:: EXCERPTED DATA ::

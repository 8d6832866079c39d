//! Of `educe_tokens_scan`: the piece at the front of a text, and whether a text is one piece.

use crate::answers::OfCharacters::PieceAt;
use crate::answers::check_characters;
use crate::common::characters;
use educe_tests::check_at;
use educe_tokens_pieces::PieceKind::Token;
use educe_tokens_pieces::TokenKind::Punct;
use educe_tokens_pieces::{LiteralKind, PieceKind, TokenKind, UncarriedKind};
use educe_tokens_scan::is_piece;
use std::alloc::Global;
use std::test::Fail;

const BLANK: PieceKind = PieceKind::Blank;

const COMMENT: PieceKind = PieceKind::Comment;

const DOC: PieceKind = PieceKind::Token(TokenKind::Doc);

const WORD: PieceKind = PieceKind::Token(TokenKind::Ident);

const LIFETIME: PieceKind = PieceKind::Token(TokenKind::Lifetime);

const INT: PieceKind = PieceKind::Token(TokenKind::Literal(LiteralKind::Int));

const STR: PieceKind = PieceKind::Token(TokenKind::Literal(LiteralKind::Str));

const FLOAT: PieceKind = PieceKind::Uncarried(UncarriedKind::Float);

const C_STRING: PieceKind = PieceKind::Uncarried(UncarriedKind::CStr);

static PIECES: &str = r##"
a_1:
: Token(Ident) 3

é
r
: Token(Ident) 1

br␠
: Token(Ident) 2

r#fn
r#__
: Token(Ident) 4

r#crate
r#_
r#
a#
a"
a'
: none

'a'
: Token(Literal(Char)) 3

'\''
: Token(Literal(Char)) 4

'a
'_,
'r#a
: Token(Lifetime) 2

'a'b
'ab'
'+
b'a
: none

'static␠
: Token(Lifetime) 7

b'a'
: Token(Literal(Byte)) 4

"a"+
: Token(Literal(Str)) 3

"a"b
"a
br"é"
br#a
r##a
: none

b"a"
: Token(Literal(ByteStr)) 4

br"a"
: Token(Literal(ByteStr)) 5

r"é"
: Token(Literal(Str)) 4

r#"""#
: Token(Literal(Str)) 6

c"a"
: Uncarried(CStr) 4

cr#"a"#
: Uncarried(CStr) 7

[]
: Token(Start(Square)) 1

}}
: Token(Stop(Curly)) 1

::
: Token(Punct(':', true)) 1

/
: Token(Punct('/', false)) 1

/=
: Token(Punct('/', true)) 1

+/
: Token(Punct('+', true)) 1

+//
: Token(Punct('+', false)) 1

-/*
: Token(Punct('-', false)) 1

&'a
: Token(Punct('&', false)) 1

\n
∅
: none

//
: Comment 2

//a␊b
: Comment 3

/**//
: Comment 4

///a␊
: Token(Doc) 4

/*
//!
: none

1..
1.a
: Token(Literal(Int)) 1

1_u8
: Token(Literal(Int)) 4

1.
: Uncarried(Float) 2

1.5..
: Uncarried(Float) 3

1a
: none
"##;

static MARK: &str = "
\u{200E}a
: Blank 1
";

#[test]
fn pieces_at_the_front(rt: HostRuntime) -> Result<(), Fail> {
    check_characters(rt.alloc(), PieceAt, PIECES)?;
    check_characters(rt.alloc(), PieceAt, MARK)
}

/// Compares whether a text is one piece of a kind.
fn check_whole(alloc: Global, expected: bool, table: &[(PieceKind, &str)]) -> Result<(), Fail> {
    for (kind, text) in table {
        let found = is_piece(*kind, &characters(alloc, text)?);
        check_at(*text, found, expected)?;
    }
    Ok(())
}

static TEXTS_THAT_ARE_ONE_PIECE: [(PieceKind, &str); 9] = [
    (BLANK, "\t"),
    (COMMENT, "/* /* */ */"),
    (DOC, "/// a"),
    (WORD, "r#type"),
    (Token(Punct('+', false)), "+"),
    (Token(Punct('+', true)), "+"),
    (INT, "0xffu8"),
    (FLOAT, "1.5e-3f32"),
    (C_STRING, "cr#\"\"a\"#"),
];

static TEXTS_THAT_ARE_NOT_ONE_PIECE: [(PieceKind, &str); 9] = [
    (BLANK, "  "),
    (COMMENT, "/* /* */"),
    (COMMENT, "//! a"),
    (DOC, "////"),
    (WORD, "r#self"),
    (WORD, "a b"),
    (LIFETIME, "'a'"),
    (INT, "1.5"),
    (STR, ""),
];

#[test]
fn texts_that_are_one_piece(rt: HostRuntime) -> Result<(), Fail> {
    check_whole(rt.alloc(), true, &TEXTS_THAT_ARE_ONE_PIECE)?;
    check_whole(rt.alloc(), false, &TEXTS_THAT_ARE_NOT_ONE_PIECE)
}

:::

__WORK INSTRUCTIONS__: The entries above need to be repeated in full, exactly as written.

__TASK RESULT__:
repository 8d6832866079c39d
//! Of `educe_tokens_scan`: the piece at the front of a text, and whether a text is one piece.

use crate::answers::OfCharacters::PieceAt;
use crate::answers::check_characters;
use crate::common::characters;
use educe_tests::check_at;
use educe_tokens_pieces::PieceKind::Token;
use educe_tokens_pieces::TokenKind::Punct;
use educe_tokens_pieces::{LiteralKind, PieceKind, TokenKind, UncarriedKind};
use educe_tokens_scan::is_piece;
use std::alloc::Global;
use std::test::Fail;

const BLANK: PieceKind = PieceKind::Blank;

const COMMENT: PieceKind = PieceKind::Comment;

const DOC: PieceKind = PieceKind::Token(TokenKind::Doc);

const WORD: PieceKind = PieceKind::Token(TokenKind::Ident);

const LIFETIME: PieceKind = PieceKind::Token(TokenKind::Lifetime);

const INT: PieceKind = PieceKind::Token(TokenKind::Literal(LiteralKind::Int));

const STR: PieceKind = PieceKind::Token(TokenKind::Literal(LiteralKind::Str));

const FLOAT: PieceKind = PieceKind::Uncarried(UncarriedKind::Float);

const C_STRING: PieceKind = PieceKind::Uncarried(UncarriedKind::CStr);

static PIECES: &str = r##"
a_1:
: Token(Ident) 3

é
r
: Token(Ident) 1

br␠
: Token(Ident) 2

r#fn
r#__
: Token(Ident) 4

r#crate
r#_
r#
a#
a"
a'
: none

'a'
: Token(Literal(Char)) 3

'\''
: Token(Literal(Char)) 4

'a
'_,
'r#a
: Token(Lifetime) 2

'a'b
'ab'
'+
b'a
: none

'static␠
: Token(Lifetime) 7

b'a'
: Token(Literal(Byte)) 4

"a"+
: Token(Literal(Str)) 3

"a"b
"a
br"é"
br#a
r##a
: none

b"a"
: Token(Literal(ByteStr)) 4

br"a"
: Token(Literal(ByteStr)) 5

r"é"
: Token(Literal(Str)) 4

r#"""#
: Token(Literal(Str)) 6

c"a"
: Uncarried(CStr) 4

cr#"a"#
: Uncarried(CStr) 7

[]
: Token(Start(Square)) 1

}}
: Token(Stop(Curly)) 1

::
: Token(Punct(':', true)) 1

/
: Token(Punct('/', false)) 1

/=
: Token(Punct('/', true)) 1

+/
: Token(Punct('+', true)) 1

+//
: Token(Punct('+', false)) 1

-/*
: Token(Punct('-', false)) 1

&'a
: Token(Punct('&', false)) 1

\n
∅
: none

//
: Comment 2

//a␊b
: Comment 3

/**//
: Comment 4

///a␊
: Token(Doc) 4

/*
//!
: none

1..
1.a
: Token(Literal(Int)) 1

1_u8
: Token(Literal(Int)) 4

1.
: Uncarried(Float) 2

1.5..
: Uncarried(Float) 3

1a
: none
"##;

static MARK: &str = "
\u{200E}a
: Blank 1
";

#[test]
fn pieces_at_the_front(rt: HostRuntime) -> Result<(), Fail> {
    check_characters(rt.alloc(), PieceAt, PIECES)?;
    check_characters(rt.alloc(), PieceAt, MARK)
}

/// Compares whether a text is one piece of a kind.
fn check_whole(alloc: Global, expected: bool, table: &[(PieceKind, &str)]) -> Result<(), Fail> {
    for (kind, text) in table {
        let found = is_piece(*kind, &characters(alloc, text)?);
        check_at(*text, found, expected)?;
    }
    Ok(())
}

static TEXTS_THAT_ARE_ONE_PIECE: [(PieceKind, &str); 9] = [
    (BLANK, "\t"),
    (COMMENT, "/* /* */ */"),
    (DOC, "/// a"),
    (WORD, "r#type"),
    (Token(Punct('+', false)), "+"),
    (Token(Punct('+', true)), "+"),
    (INT, "0xffu8"),
    (FLOAT, "1.5e-3f32"),
    (C_STRING, "cr#\"\"a\"#"),
];

static TEXTS_THAT_ARE_NOT_ONE_PIECE: [(PieceKind, &str); 9] = [
    (BLANK, "  "),
    (COMMENT, "/* /* */"),
    (COMMENT, "//! a"),
    (DOC, "////"),
    (WORD, "r#self"),
    (WORD, "a b"),
    (LIFETIME, "'a'"),
    (INT, "1.5"),
    (STR, ""),
];

#[test]
fn texts_that_are_one_piece(rt: HostRuntime) -> Result<(), Fail> {
    check_whole(rt.alloc(), true, &TEXTS_THAT_ARE_ONE_PIECE)?;
    check_whole(rt.alloc(), false, &TEXTS_THAT_ARE_NOT_ONE_PIECE)
}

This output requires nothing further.